The suicide element: none of us will ever know why she did it. But you, in character as her, ostensibly know why. How did you navigate that conundrum? I felt that every thing she does in the film is informed by wanting to survive a day without doing this thing that she thinks about doing every day. I don’t mean shooting herself on live TV. In my head, that wasn’t something she comes up with until that night when everything goes horribly wrong. But it was something I was sort of entertaining in my head throughout everything that she does. But not in a kind of bleak, dark, navel-gazey “I really want to do this thing” kind of way. More in a: “What do I concentrate on so I don’t do this thing? Oh, these people are good. Telling good journalism is good. Serving the community is good. Helping people is good. That will keep me from thinking about that thing.” So it was quite active. How does she find a way to laugh today? How does she find a way to be funny? How does she find a way to be kind? How does she find a way to be a good journalist? Then I think the construction of the film is such that there are events that happen which are brutal to her, including this sort of romantic episode where someone who is not a sexualized being puts on a sexy dress and thinks for one second that she’s going to be seen as a woman — and then has that crushing disappointment when she realizes that’s not the case. The headspace I got to before doing the scene where she kills herself was not a sort of angry, fuck the world kind of feeling. For me it was that she got to this point, like, “I’ve worked out what the game is and you want me to do this thing, so if you want me to do ‘if it bleeds, it leads,’ if you want me to be that kind of journalist, that means I don’t get to survive, so I’m going to bow out.” And then I thought, “What must it feel like if you’ve battled this choice in this incredibly frenetic way for so long and then you just give in and decide to do it?” And so it kind of felt like an exhale. And so that last scene was perversely relaxed, because I think she’s most herself when she’s just made the decision. It wasn’t pleasant, though. Because you just got to that point and I was like, “I don’t want to kill her.” And nobody on set wanted me to. Because they’d all lived with her, everyone loved her. The crew that day were like, “Please don’t do this.”

Literally? Literally! That day was incredibly somber. Nobody wanted it to happen. And there was a kind of silence on set. It also happened to be my last day of work and so I left after that and they all kind of felt this strange absence. I think the grief is the resounding feeling that you’re left with. It’s a horrible, horrible tragedy.

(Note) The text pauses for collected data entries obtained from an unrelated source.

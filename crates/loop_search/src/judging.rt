//! Whether the states that a search found have loops.

ghost use Rattle.std.specs.Prelude.{◌≡◌, ◌+◌, ◌<◌, ◌≤◌, length, true, IfOk, IfSome};
ghost use Rattle.graph_search.specs.Trees.{state_at};
ghost use Rattle.graph_loops.specs.Loops.{AreMeant, IsKnown};
ghost use Rattle.loop_search.specs.Verdicts.{AreDistinct, IsVerdict, IsFoundLoop, IsFoundFair, IsTried};

use crate::components::components_of;
use crate::rounds::{MAX_ACTORS, Wanted, movers_of, running_at, shortest_loop};
use graph_loops::{Loops, Round, edge_room, judge_labels, judge_loops};
use graph_search::{Graph, Reached};
use std::alloc::{AllocError, Global};

/// A node and the labels of a loop of its state.
#[derive(Drop)]
pub struct FoundLoop {
    pub node: u32,
    pub labels: Vec<u32>,
}

/// What a search for loops found.
#[derive(Drop)]
pub enum Verdict {
    /// A fair loop.
    Fair(FoundLoop),
    /// Nothing.
    Unknown,
    /// A loop, where no state has a fair one.
    Unfair(FoundLoop),
    /// No state has a loop.
    NoLoop,
}

/// What became of a loop that was looked for at one node.
#[derive(Drop)]
enum Tried {
    Nothing,
    /// A loop that is not fair.
    Loop(FoundLoop),
    Fair(FoundLoop),
}

/// Each component, with the actors that have an edge inside it.
#[derive(Drop)]
struct Components {
    numbers: Vec<u32>,
    movers: Vec<u32>,
}

impl Components {
    /// The actors that have an edge inside a node's component, as a set of bits.
    fn movers(&self, node: u32) -> u32 {
        let Some(number) = self.numbers.get(node as usize) else {
            return 0;
        };
        self.movers.get(*number as usize).copied().unwrap_or(0)
    }
}

/// Looks for loops of the states that a search found, where labels below `actors` are those of
/// actors: a fair one of the first state that has one, the shortest and of those the least; where
/// the search found all states and there is none, a loop likewise. Fails only when out of memory,
/// or of numbers.
pub fn search_loops<G: Graph>(
    alloc: Global,
    graph: &mut G,
    found: &Reached,
    actors: u32,
) -> Result<Verdict, AllocError>
    requires wide { found.now.width ≡ G.width graph.old }
    requires few { actors ≤ MAX_ACTORS }
    requires labelled { actors ≤ G.label_count graph.old }
    requires meant { AreMeant (state_at (G.meaning graph.old) found.now.nodes)
        (length found.now.nodes) }
    requires distinct { AreDistinct (state_at (G.meaning graph.old) found.now.nodes) }
    ensures same_graph { G.next graph.new ≡ G.next graph.old }
    ensures same_labels { G.label_count graph.new ≡ G.label_count graph.old }
    ensures same_width { G.width graph.new ≡ G.width graph.old }
    ensures states { IfOk result (λ _. state_at (G.meaning graph.new) found.now.nodes
        ≡ state_at (G.meaning graph.old) found.now.nodes) }
    ensures verdict { IfOk result (IsVerdict (G.next graph.old) actors
        (state_at (G.meaning graph.old) found.now.nodes) found.now.complete) }
{
    if is_descending(alloc, graph, found, actors)? {
        return Ok(Verdict::NoLoop);
    }
    search_components(alloc, graph, found, actors)
}

/// Whether the search found all states and every edge of an actor leads to a later node: then there
/// is no loop.
fn is_descending<G: Graph>(
    alloc: Global,
    graph: &mut G,
    found: &Reached,
    actors: u32,
) -> Result<bool, AllocError>
    requires wide { found.now.width ≡ G.width graph.old }
    requires labelled { actors ≤ G.label_count graph.old }
    requires meant { AreMeant (state_at (G.meaning graph.old) found.now.nodes)
        (length found.now.nodes) }
    requires distinct { AreDistinct (state_at (G.meaning graph.old) found.now.nodes) }
    ensures same_graph { G.next graph.new ≡ G.next graph.old }
    ensures same_labels { G.label_count graph.new ≡ G.label_count graph.old }
    ensures same_width { G.width graph.new ≡ G.width graph.old }
    ensures states { IfOk result (λ _. state_at (G.meaning graph.new) found.now.nodes
        ≡ state_at (G.meaning graph.old) found.now.nodes) }
    ensures meant { IfOk result (λ _. AreMeant (state_at (G.meaning graph.new) found.now.nodes)
        (length found.now.nodes)) }
    ensures none { IfOk result (λ none. none ≡ true → IsVerdict (G.next graph.old) actors
        (state_at (G.meaning graph.old) found.now.nodes) found.now.complete Verdict.NoLoop) }
{
    if !found.is_complete() {
        return Ok(false);
    }
    let numbers = backwards(alloc, found.len())?;
    match judge_numbers(alloc, graph, found, numbers.as_slice(), actors)? {
        Loops::NoLoop => Ok(true),
        Loops::Unfair | Loops::Unknown => Ok(false),
    }
}

/// What the nodes' numbers show of loops.
fn judge_numbers<G: Graph>(
    alloc: Global,
    graph: &mut G,
    found: &Reached,
    numbers: &[u32],
    actors: u32,
) -> Result<Loops, AllocError>
    requires wide { found.now.width ≡ G.width graph.old }
    requires labelled { actors ≤ G.label_count graph.old }
    requires meant { AreMeant (state_at (G.meaning graph.old) found.now.nodes)
        (length found.now.nodes) }
    requires distinct { AreDistinct (state_at (G.meaning graph.old) found.now.nodes) }
    ensures same_graph { G.next graph.new ≡ G.next graph.old }
    ensures same_labels { G.label_count graph.new ≡ G.label_count graph.old }
    ensures same_width { G.width graph.new ≡ G.width graph.old }
    ensures states { IfOk result (λ _. state_at (G.meaning graph.new) found.now.nodes
        ≡ state_at (G.meaning graph.old) found.now.nodes) }
    ensures meant { IfOk result (λ _. AreMeant (state_at (G.meaning graph.new) found.now.nodes)
        (length found.now.nodes)) }
    ensures known { IfOk result (IsKnown (G.next graph.old) actors
        (state_at (G.meaning graph.old) found.now.nodes)) }
{
    judge_loops(alloc, graph, found, numbers, actors)
}

/// Looks for loops inside the components of the graph.
fn search_components<G: Graph>(
    alloc: Global,
    graph: &mut G,
    found: &Reached,
    actors: u32,
) -> Result<Verdict, AllocError>
    requires wide { found.now.width ≡ G.width graph.old }
    requires few { actors ≤ MAX_ACTORS }
    requires labelled { actors ≤ G.label_count graph.old }
    requires meant { AreMeant (state_at (G.meaning graph.old) found.now.nodes)
        (length found.now.nodes) }
    requires distinct { AreDistinct (state_at (G.meaning graph.old) found.now.nodes) }
    ensures same_graph { G.next graph.new ≡ G.next graph.old }
    ensures same_labels { G.label_count graph.new ≡ G.label_count graph.old }
    ensures same_width { G.width graph.new ≡ G.width graph.old }
    ensures states { IfOk result (λ _. state_at (G.meaning graph.new) found.now.nodes
        ≡ state_at (G.meaning graph.old) found.now.nodes) }
    ensures verdict { IfOk result (IsVerdict (G.next graph.old) actors
        (state_at (G.meaning graph.old) found.now.nodes) found.now.complete) }
{
    let mut rows = edge_room(alloc, graph)?;
    let rows = rows.as_mut_slice();
    let numbers = components_of(alloc, graph, found, rows)?;
    let movers = movers_of(alloc, graph, found, numbers.as_slice(), actors, rows)?;
    let components = Components { numbers, movers };
    if let Some(fair) = fair_loop(alloc, graph, found, &components, actors, rows)? {
        return Ok(Verdict::Fair(fair));
    }
    if !found.is_complete() {
        return Ok(Verdict::Unknown);
    }
    judge_components(alloc, graph, found, &components, actors, rows)
}

/// What the components show of loops, where none is fair.
fn judge_components<G: Graph>(
    alloc: Global,
    graph: &mut G,
    found: &Reached,
    components: &Components,
    actors: u32,
    rows: &mut [u32],
) -> Result<Verdict, AllocError>
    requires wide { found.now.width ≡ G.width graph.old }
    requires room { length rows.old ≡ G.width graph.old + G.width graph.old }
    requires few { actors ≤ MAX_ACTORS }
    requires labelled { actors ≤ G.label_count graph.old }
    requires even { length components.now.numbers.items ≡ length found.now.nodes }
    requires complete { found.now.complete ≡ true }
    requires meant { AreMeant (state_at (G.meaning graph.old) found.now.nodes)
        (length found.now.nodes) }
    requires distinct { AreDistinct (state_at (G.meaning graph.old) found.now.nodes) }
    ensures same_graph { G.next graph.new ≡ G.next graph.old }
    ensures same_labels { G.label_count graph.new ≡ G.label_count graph.old }
    ensures same_width { G.width graph.new ≡ G.width graph.old }
    ensures states { IfOk result (λ _. state_at (G.meaning graph.new) found.now.nodes
        ≡ state_at (G.meaning graph.old) found.now.nodes) }
    ensures verdict { IfOk result (IsVerdict (G.next graph.old) actors
        (state_at (G.meaning graph.old) found.now.nodes) found.now.complete) }
{
    match judge_numbers(alloc, graph, found, components.numbers.as_slice(), actors)? {
        Loops::NoLoop => Ok(Verdict::NoLoop),
        Loops::Unknown => Ok(Verdict::Unknown),
        Loops::Unfair => match any_loop(alloc, graph, found, components, actors, rows)? {
            Some(unfair) => Ok(Verdict::Unfair(unfair)),
            None => Ok(Verdict::Unknown),
        },
    }
}

/// The numbers below a count, the last one first.
fn backwards(alloc: Global, count: u32) -> Result<Vec<u32>, AllocError> {
    let mut numbers = Vec::with_capacity(alloc, count as usize)?;
    for number in 0..count {
        numbers.push(count - 1 - number)?;
    }
    Ok(numbers)
}

/// A fair loop of the first node that has one: all actors that have an edge there move inside its
/// component.
fn fair_loop<G: Graph>(
    alloc: Global,
    graph: &mut G,
    found: &Reached,
    components: &Components,
    actors: u32,
    rows: &mut [u32],
) -> Result<Option<FoundLoop>, AllocError>
    requires wide { found.now.width ≡ G.width graph.old }
    requires room { length rows.old ≡ G.width graph.old + G.width graph.old }
    requires few { actors ≤ MAX_ACTORS }
    requires labelled { actors ≤ G.label_count graph.old }
    requires even { length components.now.numbers.items ≡ length found.now.nodes }
    requires meant { AreMeant (state_at (G.meaning graph.old) found.now.nodes)
        (length found.now.nodes) }
    ensures same_graph { G.next graph.new ≡ G.next graph.old }
    ensures same_labels { G.label_count graph.new ≡ G.label_count graph.old }
    ensures same_width { G.width graph.new ≡ G.width graph.old }
    ensures states { state_at (G.meaning graph.new) found.now.nodes
        ≡ state_at (G.meaning graph.old) found.now.nodes }
    ensures meant { AreMeant (state_at (G.meaning graph.new) found.now.nodes)
        (length found.now.nodes) }
    ensures found { IfOk result (λ given. IfSome given (IsFoundFair (G.next graph.old) actors
        (state_at (G.meaning graph.old) found.now.nodes))) }
{
    for node in 0..found.len() {
        let movers = components.movers(node);
        if movers == 0 {
            continue;
        }
        let running = running_at(graph, found, node, actors, rows)?;
        if running & !movers != 0 {
            continue;
        }
        let wanted = Wanted {
            node,
            components: components.numbers.as_slice(),
            actors,
            all: if running == 0 { None } else { Some(running) },
        };
        match try_loop(alloc, graph, found, wanted, rows)? {
            Tried::Fair(found) => return Ok(Some(found)),
            Tried::Loop(_) | Tried::Nothing => {}
        }
    }
    Ok(None)
}

/// A loop of the first node that has one: some actor moves inside its component.
fn any_loop<G: Graph>(
    alloc: Global,
    graph: &mut G,
    found: &Reached,
    components: &Components,
    actors: u32,
    rows: &mut [u32],
) -> Result<Option<FoundLoop>, AllocError>
    requires wide { found.now.width ≡ G.width graph.old }
    requires room { length rows.old ≡ G.width graph.old + G.width graph.old }
    requires few { actors ≤ MAX_ACTORS }
    requires labelled { actors ≤ G.label_count graph.old }
    requires even { length components.now.numbers.items ≡ length found.now.nodes }
    requires meant { AreMeant (state_at (G.meaning graph.old) found.now.nodes)
        (length found.now.nodes) }
    ensures same_graph { G.next graph.new ≡ G.next graph.old }
    ensures same_labels { G.label_count graph.new ≡ G.label_count graph.old }
    ensures same_width { G.width graph.new ≡ G.width graph.old }
    ensures states { state_at (G.meaning graph.new) found.now.nodes
        ≡ state_at (G.meaning graph.old) found.now.nodes }
    ensures meant { AreMeant (state_at (G.meaning graph.new) found.now.nodes)
        (length found.now.nodes) }
    ensures found { IfOk result (λ given. IfSome given (IsFoundLoop (G.next graph.old) actors
        (state_at (G.meaning graph.old) found.now.nodes))) }
{
    for node in 0..found.len() {
        if components.movers(node) == 0 {
            continue;
        }
        let wanted = Wanted {
            node,
            components: components.numbers.as_slice(),
            actors,
            all: None,
        };
        match try_loop(alloc, graph, found, wanted, rows)? {
            Tried::Fair(found) => return Ok(Some(found)),
            Tried::Loop(found) => return Ok(Some(found)),
            Tried::Nothing => {}
        }
    }
    Ok(None)
}

/// The shortest loop that is wanted, once its labels were followed again.
fn try_loop<G: Graph>(
    alloc: Global,
    graph: &mut G,
    found: &Reached,
    wanted: Wanted<'_>,
    rows: &mut [u32],
) -> Result<Tried, AllocError>
    requires wide { found.now.width ≡ G.width graph.old }
    requires room { length rows.old ≡ G.width graph.old + G.width graph.old }
    requires labelled { wanted.actors ≤ G.label_count graph.old }
    requires even { length wanted.components.now ≡ length found.now.nodes }
    requires there { wanted.node < length found.now.nodes }
    requires meant { AreMeant (state_at (G.meaning graph.old) found.now.nodes)
        (length found.now.nodes) }
    ensures same_graph { G.next graph.new ≡ G.next graph.old }
    ensures same_labels { G.label_count graph.new ≡ G.label_count graph.old }
    ensures same_width { G.width graph.new ≡ G.width graph.old }
    ensures states { state_at (G.meaning graph.new) found.now.nodes
        ≡ state_at (G.meaning graph.old) found.now.nodes }
    ensures meant { AreMeant (state_at (G.meaning graph.new) found.now.nodes)
        (length found.now.nodes) }
    ensures tried { IfOk result (IsTried (G.next graph.old) wanted.entry.actors
        (state_at (G.meaning graph.old) found.now.nodes)) }
{
    let node = wanted.node;
    let Some(labels) = shortest_loop(alloc, graph, found, wanted, rows)? else {
        return Ok(Tried::Nothing);
    };
    match judge_labels(graph, found, node, labels.as_slice(), wanted.actors, rows)? {
        Round::NoLoop => Ok(Tried::Nothing),
        Round::Loop => Ok(Tried::Loop(FoundLoop { node, labels })),
        Round::FairLoop => Ok(Tried::Fair(FoundLoop { node, labels })),
    }
}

Also at the 2016 Sundance Film Festival at the same time as Christine was another film Kate Plays Christine, a documentary that focuses on an actress preparing to play Christine Chubbuck in a fictitious biopic. And then of course there’s the ongoing obsession online with trying to uncover footage of her suicide. What are your thoughts on the coexistence of all of this? It troubles me. You asked me about responsibility to a real person. That whole stuff feels a bit macabre and a bit sensationalized. And I haven’t seen Kate Plays Christine. I sort of don’t really want to. It frightens me that it’s a film about someone who can’t play her. Well, I just did! I think it’s possible to bring humanity to everyone. To add to this mythology like, “hands off it’s so dark and weird” it just feels a bit sensationalistic which is the thing that we’re trying desperately not to do.